====== Given data ======

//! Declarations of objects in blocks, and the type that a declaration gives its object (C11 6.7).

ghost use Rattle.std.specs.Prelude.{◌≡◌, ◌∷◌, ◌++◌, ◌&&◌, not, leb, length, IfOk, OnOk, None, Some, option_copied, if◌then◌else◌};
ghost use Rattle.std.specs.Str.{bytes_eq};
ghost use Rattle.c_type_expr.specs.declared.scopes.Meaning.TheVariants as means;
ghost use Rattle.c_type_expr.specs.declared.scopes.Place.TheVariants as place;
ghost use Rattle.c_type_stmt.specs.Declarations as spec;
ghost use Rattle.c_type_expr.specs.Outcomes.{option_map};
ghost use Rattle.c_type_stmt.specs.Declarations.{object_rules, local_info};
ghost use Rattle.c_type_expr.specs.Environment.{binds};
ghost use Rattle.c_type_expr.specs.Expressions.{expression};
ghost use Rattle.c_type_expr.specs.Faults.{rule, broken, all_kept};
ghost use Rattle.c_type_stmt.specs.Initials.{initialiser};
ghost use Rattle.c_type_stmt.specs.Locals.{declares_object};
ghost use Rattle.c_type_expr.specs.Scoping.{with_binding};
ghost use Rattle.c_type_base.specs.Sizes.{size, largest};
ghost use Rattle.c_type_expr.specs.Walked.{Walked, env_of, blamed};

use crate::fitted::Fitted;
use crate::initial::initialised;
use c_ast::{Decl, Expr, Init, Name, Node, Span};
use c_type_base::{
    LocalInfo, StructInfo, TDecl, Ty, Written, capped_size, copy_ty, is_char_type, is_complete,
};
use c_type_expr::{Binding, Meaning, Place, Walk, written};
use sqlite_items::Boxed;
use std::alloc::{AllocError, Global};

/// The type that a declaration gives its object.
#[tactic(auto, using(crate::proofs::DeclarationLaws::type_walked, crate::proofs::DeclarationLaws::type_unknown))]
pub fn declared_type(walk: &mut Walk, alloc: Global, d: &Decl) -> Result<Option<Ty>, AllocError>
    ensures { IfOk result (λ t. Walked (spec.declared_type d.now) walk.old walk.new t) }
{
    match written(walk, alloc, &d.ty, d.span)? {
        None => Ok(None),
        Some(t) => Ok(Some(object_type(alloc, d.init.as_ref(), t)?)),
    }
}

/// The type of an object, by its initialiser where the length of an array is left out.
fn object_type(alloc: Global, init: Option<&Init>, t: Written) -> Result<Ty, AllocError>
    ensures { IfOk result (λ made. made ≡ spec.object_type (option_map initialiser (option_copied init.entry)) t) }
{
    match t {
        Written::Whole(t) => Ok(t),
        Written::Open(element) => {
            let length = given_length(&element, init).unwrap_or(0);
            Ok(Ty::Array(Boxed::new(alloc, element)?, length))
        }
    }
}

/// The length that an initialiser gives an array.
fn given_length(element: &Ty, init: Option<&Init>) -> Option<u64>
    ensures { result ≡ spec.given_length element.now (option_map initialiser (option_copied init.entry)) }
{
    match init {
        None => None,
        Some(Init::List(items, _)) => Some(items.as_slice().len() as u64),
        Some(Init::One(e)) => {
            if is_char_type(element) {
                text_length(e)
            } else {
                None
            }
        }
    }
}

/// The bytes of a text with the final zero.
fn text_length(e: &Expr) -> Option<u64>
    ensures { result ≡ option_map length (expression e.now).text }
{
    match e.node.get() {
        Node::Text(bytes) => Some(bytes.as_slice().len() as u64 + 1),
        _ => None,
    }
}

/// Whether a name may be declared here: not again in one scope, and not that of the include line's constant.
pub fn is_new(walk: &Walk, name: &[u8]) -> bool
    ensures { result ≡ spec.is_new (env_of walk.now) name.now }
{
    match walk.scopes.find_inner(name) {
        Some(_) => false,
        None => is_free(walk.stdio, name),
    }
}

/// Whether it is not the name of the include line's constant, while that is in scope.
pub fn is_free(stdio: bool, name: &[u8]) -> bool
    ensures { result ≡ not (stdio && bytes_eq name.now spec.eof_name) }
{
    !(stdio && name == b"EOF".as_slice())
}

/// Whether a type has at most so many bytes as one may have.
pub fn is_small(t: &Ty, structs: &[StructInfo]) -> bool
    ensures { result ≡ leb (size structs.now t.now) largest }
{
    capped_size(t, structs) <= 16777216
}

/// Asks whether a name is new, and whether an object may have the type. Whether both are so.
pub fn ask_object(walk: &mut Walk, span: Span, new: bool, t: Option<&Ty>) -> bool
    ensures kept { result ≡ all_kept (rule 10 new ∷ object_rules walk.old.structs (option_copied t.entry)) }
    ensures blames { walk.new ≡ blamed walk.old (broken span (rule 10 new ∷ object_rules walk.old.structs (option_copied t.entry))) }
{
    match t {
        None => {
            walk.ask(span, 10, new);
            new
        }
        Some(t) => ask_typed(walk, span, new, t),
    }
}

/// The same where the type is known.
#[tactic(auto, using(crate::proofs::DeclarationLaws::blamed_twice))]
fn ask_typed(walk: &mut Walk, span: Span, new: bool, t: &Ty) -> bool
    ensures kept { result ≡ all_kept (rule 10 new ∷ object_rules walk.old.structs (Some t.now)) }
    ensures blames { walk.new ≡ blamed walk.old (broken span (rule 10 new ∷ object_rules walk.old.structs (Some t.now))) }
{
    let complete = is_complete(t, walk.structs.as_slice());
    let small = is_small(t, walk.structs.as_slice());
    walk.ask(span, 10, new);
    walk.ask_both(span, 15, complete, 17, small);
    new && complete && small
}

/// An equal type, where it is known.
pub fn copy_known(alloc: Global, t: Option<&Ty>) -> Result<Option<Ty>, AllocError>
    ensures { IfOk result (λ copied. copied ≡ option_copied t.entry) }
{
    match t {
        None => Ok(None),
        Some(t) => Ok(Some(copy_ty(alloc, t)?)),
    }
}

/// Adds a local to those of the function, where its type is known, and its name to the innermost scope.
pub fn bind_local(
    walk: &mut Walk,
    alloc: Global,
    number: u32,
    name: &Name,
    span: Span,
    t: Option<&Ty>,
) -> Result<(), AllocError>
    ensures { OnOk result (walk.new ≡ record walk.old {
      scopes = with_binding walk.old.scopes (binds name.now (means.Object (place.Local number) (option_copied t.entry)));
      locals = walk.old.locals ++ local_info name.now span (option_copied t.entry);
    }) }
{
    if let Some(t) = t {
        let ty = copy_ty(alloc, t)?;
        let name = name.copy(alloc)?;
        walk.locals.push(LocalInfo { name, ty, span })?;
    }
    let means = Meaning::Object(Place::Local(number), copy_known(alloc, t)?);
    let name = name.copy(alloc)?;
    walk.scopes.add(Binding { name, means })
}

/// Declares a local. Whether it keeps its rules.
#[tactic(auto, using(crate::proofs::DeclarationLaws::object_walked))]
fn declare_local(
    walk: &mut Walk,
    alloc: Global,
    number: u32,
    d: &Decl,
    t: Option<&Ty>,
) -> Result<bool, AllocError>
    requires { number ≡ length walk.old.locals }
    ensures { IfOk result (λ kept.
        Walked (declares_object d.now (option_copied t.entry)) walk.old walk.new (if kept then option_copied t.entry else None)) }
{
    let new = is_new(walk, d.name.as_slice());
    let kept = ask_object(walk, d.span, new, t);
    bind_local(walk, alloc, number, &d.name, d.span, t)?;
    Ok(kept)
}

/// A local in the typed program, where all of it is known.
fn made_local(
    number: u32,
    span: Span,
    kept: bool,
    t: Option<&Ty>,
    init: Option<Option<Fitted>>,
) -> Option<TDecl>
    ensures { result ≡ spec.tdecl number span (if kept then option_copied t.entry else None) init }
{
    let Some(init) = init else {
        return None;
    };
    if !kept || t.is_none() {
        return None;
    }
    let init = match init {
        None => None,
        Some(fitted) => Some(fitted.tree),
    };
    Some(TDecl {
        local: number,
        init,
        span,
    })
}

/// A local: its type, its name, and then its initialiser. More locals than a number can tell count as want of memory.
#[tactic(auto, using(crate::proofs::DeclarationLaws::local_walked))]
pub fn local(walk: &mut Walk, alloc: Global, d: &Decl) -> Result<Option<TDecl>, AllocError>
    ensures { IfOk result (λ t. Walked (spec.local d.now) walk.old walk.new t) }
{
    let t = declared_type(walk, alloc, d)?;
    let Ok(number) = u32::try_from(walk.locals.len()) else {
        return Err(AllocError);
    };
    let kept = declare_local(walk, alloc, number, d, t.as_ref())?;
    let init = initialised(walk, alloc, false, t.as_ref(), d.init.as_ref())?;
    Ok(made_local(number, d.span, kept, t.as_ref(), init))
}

======

### What is being asked
Look through the data above for the string "AllocError" and copy every line where it appears.

### Written answer
use std::alloc::{AllocError, Global};
pub fn declared_type(walk: &mut Walk, alloc: Global, d: &Decl) -> Result<Option<Ty>, AllocError>
fn object_type(alloc: Global, init: Option<&Init>, t: Written) -> Result<Ty, AllocError>
pub fn copy_known(alloc: Global, t: Option<&Ty>) -> Result<Option<Ty>, AllocError>
) -> Result<(), AllocError>
) -> Result<bool, AllocError>
pub fn local(walk: &mut Walk, alloc: Global, d: &Decl) -> Result<Option<TDecl>, AllocError>
        return Err(AllocError);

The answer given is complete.